LAWS(APH)-1987-2-11

MAJJARI PULLANNA Vs. SUB COLLECTOR NAODYAL

Decided On February 11, 1987
MAJJARI PULLANNA Appellant
V/S
SUB-COLLECTOR, NANDYAL Respondents

JUDGEMENT

(1.) The State Government has assigned cultivable lands to one Nagamma on the basis that she was a landless poor person. That assignment was subject to a condition of inalienability. Nagamma, however, disregarding the condition of the grant, sold those lands in the year 1943 to one Taveri Naik who was also a landless poor person. Taveri Naik in his turn sold those lands to the writ petitioner under a sale deed dt: 3rd of January, 1953. Thus the land, which was originally assigned to Nagamma and was forbidden from being alienated, had changed more than once.

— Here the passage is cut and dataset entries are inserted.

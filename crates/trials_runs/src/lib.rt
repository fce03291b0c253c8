//! Tests of rounds, of turns and of runs.
#![tactic(auto)]

#[cfg(test)]
mod budgets;
#[cfg(test)]
mod calls;
#[cfg(test)]
mod drains;
#[cfg(test)]
mod flows;
#[cfg(test)]
mod halls;
#[cfg(test)]
mod keeping;
#[cfg(test)]
mod lives;
#[cfg(test)]
mod lives_calls;
#[cfg(test)]
mod reports;
#[cfg(test)]
mod rounds;
#[cfg(test)]
mod turns;
#[cfg(test)]
mod waits;
#[cfg(test)]
mod waves;
#[cfg(test)]
mod works;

(2.) The authorities acting under the provisions of the A.P. Assigned Lands (Prohibition of Transfers) Act, 1977 (hereinafter referred to as 'the Act') called upon the petitioner under Section 3 of that Act to show cause why the lands he had purchased from Taveri Naik should not be resumed and restored back to Taveri Naik. The petitioner had submitted some explanation. But that he was a landless poor person was never a part of the petitioner's explanation. Rejecting the petitioners explanation, the Tahsildar, by his order dated 8th of September, 1978, directed resumption of the land and restoration of the same to the heirs of Taveri Naik. This writ petition has been filed by the petitioner challenging the validity of that order of the Tahsildar.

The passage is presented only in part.